A wildland water tender is a specialized vehicle capable of bringing water, foam, or dry chemicals to fire trucks in the field that are engaged on the fireline.  Water tenders have a large truck mounted tank that carries a minimum 1,000 gallons and up to 4,000 gallons of water.  These vehicles are specifically designed for fire fighting often with four-wheel drive, rugged suspension and high wheel clearance for mountainous dirt road conditions. According to the National Fire Protection Association, if the apparatus will be used primarily for outdoor and wildland responses, then it is to be considered a wildland fire apparatus and must conform to NFPA 1906. 

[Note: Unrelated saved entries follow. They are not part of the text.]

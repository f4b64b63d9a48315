ghost use Rattle.std.specs.Prelude.{◌≡◌, ◌+◌, ◌*◌, ◌/◌, ◌%◌, ◌≤◌, ◌==◌, nat_abs, if◌then◌else◌};
ghost use Rattle.std.specs.Option.{SomeIff};
ghost use Rattle.gi_lit.specs.Literals.{max_var, IsVariable, IsLiteral, literal_of, number_of, opposite};

use crate::var::{MAX_VAR, Var};
use std::marker::Model;

/// A literal: a variable or its negation. Contracts see its code: variable v has the positive
/// literal 2v and the negative literal 2v + 1. There is no null literal.
#[derive(Clone, Copy, Debug, PartialEq, Eq, PartialOrd, Ord, Hash)]
pub struct Lit {
    code: u32,
}

impl Model for Lit {
    ghost use Rattle.std.specs.Prelude.{ℕ};
    ghost use Rattle.gi_lit.specs.Literals.{IsLiteral};

    ghost Value = { ℕ };

    ghost view = { λ l. l.code };

    ghost invariant = { λ l. IsLiteral l.code };

    ghost inverse = { λ n. record { code = n } };
}

impl Lit {
    /// The literal that DIMACS writes as this number, v or -v. None exactly for 0 and where the
    /// magnitude is above `MAX_VAR`.
    pub fn from_dimacs(n: i32) -> Option<Lit>
        ensures { SomeIff result (IsVariable (nat_abs n)) (literal_of n) }
    {
        let v = Var::new(n.unsigned_abs())?;
        Some(Lit::of(v, n < 0))
    }

    /// The number that DIMACS writes for it, from 1 to `MAX_VAR` or the negative of such a number.
    #[tactic(auto, unfolding(crate::specs::Literals::number_of))]
    pub fn to_dimacs(self) -> i32
        ensures value { result ≡ number_of self }
        ensures code { literal_of result ≡ self }
    {
        let v = (self.code / 2) as i32;
        if self.is_negative() { -v } else { v }
    }

    /// The literal of that code. None exactly below 2 and above `2 * MAX_VAR + 1`.
    pub const fn from_code(code: u32) -> Option<Lit>
        ensures { SomeIff result (IsLiteral code) code }
    {
        if code >= 2 && code <= 2 * MAX_VAR + 1 {
            Some(Lit { code })
        } else {
            None
        }
    }

    /// Its code, from 2 to `2 * MAX_VAR + 1`.
    pub const fn code(self) -> u32
        ensures value { result ≡ self }
        ensures low { 2 ≤ result }
        ensures high { result ≤ 2 * max_var + 1 }
    {
        self.code
    }

    /// The other literal of its variable.
    #[tactic(auto, unfolding(crate::specs::Literals::opposite))]
    pub const fn not(self) -> Lit
        ensures { result ≡ opposite self }
    {
        Lit {
            code: self.code ^ 1,
        }
    }

    /// Its variable.
    pub const fn var(self) -> Var
        ensures { result ≡ self / 2 }
    {
        Var::of(self)
    }

    /// Whether it is the negation of its variable.
    pub const fn is_negative(self) -> bool
        ensures { result ≡ (self % 2 == 1) }
    {
        self.code % 2 == 1
    }

    /// The negative or the positive literal of a variable.
    pub(crate) const fn of(v: Var, negative: bool) -> Lit
        ensures { result ≡ 2 * v + (if negative then 1 else 0) }
    {
        let code = 2 * v.index();
        if negative {
            Lit { code: code + 1 }
        } else {
            Lit { code }
        }
    }
}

Support water tenders have larger water tanks and are staffed with one person. They deliver water to fire engines and large portable tanks that are connected to hose lays (hose rolled out on the ground for knocking down fires and for mop up). Tactical water tenders are capable of performing some of the functions of a wildland fire engine, such as deploying lengths of hose. Two people staff this type of water tender. Unlike support water tenders, tactical water tenders are capable of a technique of pump-and-roll. The vehicles engine can power a pump while the vehicle is being driven, so the second firefighter uses a short hose to spray water on the fire. This technique allows a team of two to flank the perimeter of a fire.

Water Tender Types
In the fall of 2007, the National Wildfire Coordinating Group agreed on a set of standards for all water tenders that are used for wildland firefighting. Water tenders are divided into support tenders and tactical tenders. 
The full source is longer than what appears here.